# inscreve-se ou indica-se



## airosa

Muy buenos días a todos:

Creo que no conseguí formular bien el tema del tópico. 

Es que estoy traduciendo al portugués un certificado de nacimiento. Hay en él una línea que dice aproximadamente lo siguiente: 

Etnia (inscreve-se pelo desejo do pai).

¿No sería mejor decir "indica-se"? En realidad dudo de toda la frase. ¿La palabra "desejo" se inscribe bien en un documento oficial? ¿Tal vez haya otra manera, que sea mejor, de expresarlo?

Lo puse en este foro para matar dos pájaros de un tiro. ¿Cómo decirlo mejor en español (por si acaso mañana lo voy a necesitar traducir al español)?

Gracias desde ya por sus sugerencias.

Si hay algo que corregir, les pido que me corrijan.


----------



## Ivonne do Tango

Etnia (nombre femenino cierto?) se inscribe por el deseo del padre.

Es decir, el padre fue a inscribir a su hija al registro. No estoy segura que en Argentina se use hacer esas aclaraciones en la Partida de Nacimiento, pero definitivamente el verbo utilizado para el registro es inscribir(se) siempre reflexivo.  

La palabra "deseo" está bien para ese contexto, allí significa "voluntad" y podría quizás utilizarse este último sustantivo si te parece más atinado.

_Etnia se inscribe por (la) voluntad del padre_ 
El artículo "la" puede suprimirse.

Voy a arriesgar una traducción al portugués y que algún nativo, si fuere necesario, la corrija o sugiera mejores posibilidades (las habrá, seguro):

_Étnia inscreve-se pela vontade do pai_

Qué te parece?


----------



## WhoSoyEu

airosa said:


> Etnia (inscreve-se pelo desejo do pai).


 
Entiendo que la etnia es colocada según determine el padre de la criatura, y es eso que procura dejar claro el documento.
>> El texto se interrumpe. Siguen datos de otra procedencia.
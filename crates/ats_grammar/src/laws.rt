//! The laws of all spellings of a schema, as contracts of functions that do nothing.

ghost use Rattle.std.specs.Prelude.{◌≡◌, ◌≢◌, ◌+◌, ◌≤◌, ◌++◌, ℕ, List, length};
ghost use Rattle.ats_grammar.specs.declared.fault.ShapeFault.{ShapeFault};
ghost use Rattle.ats_grammar.specs.declared.fault.ShapeKind.TheVariants.{Cut, Trailing};
ghost use Rattle.ats_grammar.specs.Front.{Spells, IsBad, IsFirst};
ghost use Rattle.ats_grammar.specs.Table.{Schema};

/// Bytes spell at most one list of fields.
pub fn spellings_tell_their_fields()
    ensures { (schema : Schema) (bytes : List ℕ) (fields others : List (List ℕ))
        → Spells schema bytes fields → Spells schema bytes others → fields ≡ others }
{}

/// If further bytes follow what is spelled, the fault is at the first of them.
pub fn further_bytes_are_trailing()
    ensures { (schema : Schema) (bytes more : List ℕ) (fields : List (List ℕ))
        → Spells schema bytes fields → 1 ≤ length more → length bytes + length more ≤ schema.limit
        → IsBad schema (bytes ++ more) (record { at = length bytes; kind = Trailing }) }
{}

/// A fault other than `Cut` is the fault of all longer bytes too, within the limit.
pub fn faults_stay()
    ensures { (schema : Schema) (bytes more : List ℕ) (fault : ShapeFault)
        → IsFirst schema bytes fault → fault.kind ≢ Cut → length bytes + length more ≤ schema.limit
        → IsFirst schema (bytes ++ more) fault }
{}

/// Bytes have at most one fault, and none if they spell fields.
pub fn bytes_have_one_fault()
    ensures one { (schema : Schema) (bytes : List ℕ) (a b : ShapeFault)
        → IsBad schema bytes a → IsBad schema bytes b → a ≡ b }
    ensures none { (schema : Schema) (bytes : List ℕ) (fields : List (List ℕ)) (fault : ShapeFault)
        → Spells schema bytes fields → IsBad schema bytes fault → ⊥ }
{}
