//! The field that comes next, by the state of a reader.

ghost use Rattle.std.specs.Prelude.{◌≡◌};
ghost use Rattle.ats_grammar.specs.Table.{head};
ghost use Rattle.ats_grammar.specs.Inner.Table.{IsSized};
ghost use Rattle.ats_grammar.specs.Grammar.{proof};
ghost use Rattle.ats_grammar.specs.Inner.Pending.{HasOwnKind};
ghost use Rattle.ats_grammar.specs.ReaderState.{in_front, in_dict, in_met, in_list, in_docs, in_terms, remaining};
ghost use Rattle.ats_grammar.specs.Inner.ReaderState.{IsNext};

use crate::fault::ShapeKind;
use crate::field_kinds::Next;
use crate::reader_state::{
    DictPart, DocsPart, FrontPart, ListPart, MetPart, Part, State, TermsPart,
};

const MAGIC: u32 = 0x4154_5350;

/// The most documents. It is a limit of the format, so the crate names it itself.
pub(crate) const MAX_DOCUMENTS: u32 = 65_536;

impl State {
    /// Before the first field.
    pub(crate) fn start() -> State
        ensures { remaining result ≡ proof }
    {
        State {
            part: Part::Front(FrontPart::Magic),
            tra: false,
            left: 0,
            low: 0,
            size: 0,
            slots: 0,
            present: 0,
            met: 0,
            sections: 0,
        }
    }

    /// The field that comes next.
    pub(crate) fn next(&self) -> Next
        ensures next { result ≡ head (remaining self.now) }
        ensures size { IsSized result }
        ensures kind { HasOwnKind result }
    {
        match self.part {
            Part::Front(part) => self.next_in_front(part),
            Part::Dict(part) => self.next_in_dict(part),
            Part::Met(part) => self.next_in_met(part),
            Part::List(part) => self.next_in_list(part),
            Part::Docs(part) => self.next_in_docs(part),
            Part::Terms(part) => self.next_in_terms(part),
        }
    }

    fn next_in_front(&self, part: FrontPart) -> Next
        ensures { IsNext (in_front part self.now) result }
    {
        match part {
            FrontPart::Magic => Next::number(4, MAGIC.into(), MAGIC, ShapeKind::Magic),
            FrontPart::Version => Next::number(1, 1, 2, ShapeKind::Version),
            FrontPart::Algorithm => Next::number(1, 1, 2, ShapeKind::Algorithm),
            FrontPart::HeaderVersion => Next::number(1, 1, 1, ShapeKind::Version),
            FrontPart::Documents => Next::count(4, 1, MAX_DOCUMENTS),
            FrontPart::DictLeaves => Next::count(4, 2, 16777218),
            FrontPart::DictRoot | FrontPart::DocsRoot | FrontPart::TextsRoot => Next::bytes(32),
            FrontPart::Terms => Next::count(2, 1, 32),
        }
    }

    fn next_in_dict(&self, part: DictPart) -> Next
        ensures { IsNext (in_dict part self.now) result }
    {
        match part {
            DictPart::LeafCount => Next::count(2, 1, 64),
            DictPart::Position => Next::rising(self.low),
            DictPart::Length => Next::count(1, 0, 64),
            DictPart::Term => Next::bytes(self.size),
            DictPart::Frequency => Next::any_4(),
            DictPart::DigestCount => Next::any_2(),
            DictPart::ListRoot | DictPart::Digest => Next::bytes(32),
        }
    }

    fn next_in_met(&self, part: MetPart) -> Next
        ensures { IsNext (in_met part self.now) result }
    {
        match part {
            MetPart::SlotKind => Next::count(1, 0, 1),
            MetPart::SlotIndex => Next::index(self.low),
            MetPart::MetCount => Next::count(4, 0, MAX_DOCUMENTS),
            MetPart::MetId => Next::rising(self.low),
        }
    }

    fn next_in_list(&self, part: ListPart) -> Next
        ensures { IsNext (in_list part self.now) result }
    {
        match part {
            ListPart::EntryCount => Next::count(4, 1, MAX_DOCUMENTS),
            ListPart::MetIndex => Next::any_4(),
            ListPart::Impact | ListPart::DigestCount => Next::any_2(),
            ListPart::Digest => Next::bytes(32),
        }
    }

    fn next_in_docs(&self, part: DocsPart) -> Next
        ensures { IsNext (in_docs part self.now) result }
    {
        match part {
            DocsPart::LeafTerms | DocsPart::Row => Next::any_4(),
            DocsPart::DigestCount => Next::count(4, 0, MAX_DOCUMENTS),
            DocsPart::TermsRoot | DocsPart::Digest => Next::bytes(32),
            DocsPart::RowCount => Next::count(2, 0, 1000),
            DocsPart::End => Next::End,
        }
    }

    fn next_in_terms(&self, part: TermsPart) -> Next
        ensures { IsNext (in_terms part self.now) result }
    {
        match part {
            TermsPart::LeafCount => Next::count(2, 1, 64),
            TermsPart::Position => Next::rising(self.low),
            TermsPart::Length => Next::count(1, 0, 64),
            TermsPart::Term => Next::bytes(self.size),
            TermsPart::Impact | TermsPart::DigestCount => Next::any_2(),
            TermsPart::Digest => Next::bytes(32),
            TermsPart::SlotKind => Next::count(1, 0, 1),
            TermsPart::SlotIndex => Next::index(self.low),
        }
    }
}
Si mi razonamiento es correcto yo lo traduciría como "Etnia: conforme indicado pelo pai"


----------



## Ivonne do Tango

Hice una _bagunça_. Igualmente no comprendo! La etnia es indicada por el padre?


----------



## Carfer

airosa said:


> ¿No sería mejor decir "_indica-se_"? En realidad dudo de toda la frase. ¿La palabra "d_esejo_" se inscribe bien en un documento oficial?


 
Não, porque se trata dum termo jurídico e no direito exige-se uma maior precisão da linguagem. No registo, regista-se. Também poderia utilizar outros termos comuns no direito como _'Faz-se constar', 'consigna-se'_. Note, no entanto, que na linguagem corrente não haveria nada a opor. '_Indicar_' pode significar '_dar a conhecer_' ou '_mencionar_' (este último, num texto jurídico, até nem estaria completamente deslocado). O mesmo sucede com '_desejo_'. Na linguagem corrente pode significar '_vontade_', mas _'desejo_' é mais fraco do que '_vontade_', no sentido de que desejo é algo a que aspiramos, que se pode (ou que podemos) concretizar ou não, ao passo que, neste caso, houve uma manifestação clara e concreta de vontade do declarante. Foi isso que ele quis, não apenas o que desejou. '_Desejo_' não é, efectivamente, muito adequado a um documento oficial, a menos que o que se queira consignar seja, realmente, que a pessoa manifestou apenas um desejo e não uma vontade


----------



## Carfer

Ivonne do Tango said:


> Hice una _bagunça_. Igualmente no comprendo! La etnia es indicada por el padre?


 
Acho que o que quer dizer, Ivone, é que a etnia só é registada porque o pai assim o quis, doutra forma não o seria. De facto, em muitos países e em Portugal também, a etnia (ou, como antigamente se dizia, a '_raça_') até já nem consta dos documentos oficiais. Julgo mesmo que, actualmente, só nos censos da população ainda se faz a pergunta e não garanto que no próximo, em 2011, ainda lá conste.


----------



## Ivonne do Tango

Disculpem pela bagunça, realmente estava totalmente fora de contexto o que compreendi, acredito que seja porque aqui não se registra (nem sequer por vontade) a etnia dum filho.  Quando registrei o meu, apresentei os documentos requeridos e me perguntaram que nome seria, e pronto.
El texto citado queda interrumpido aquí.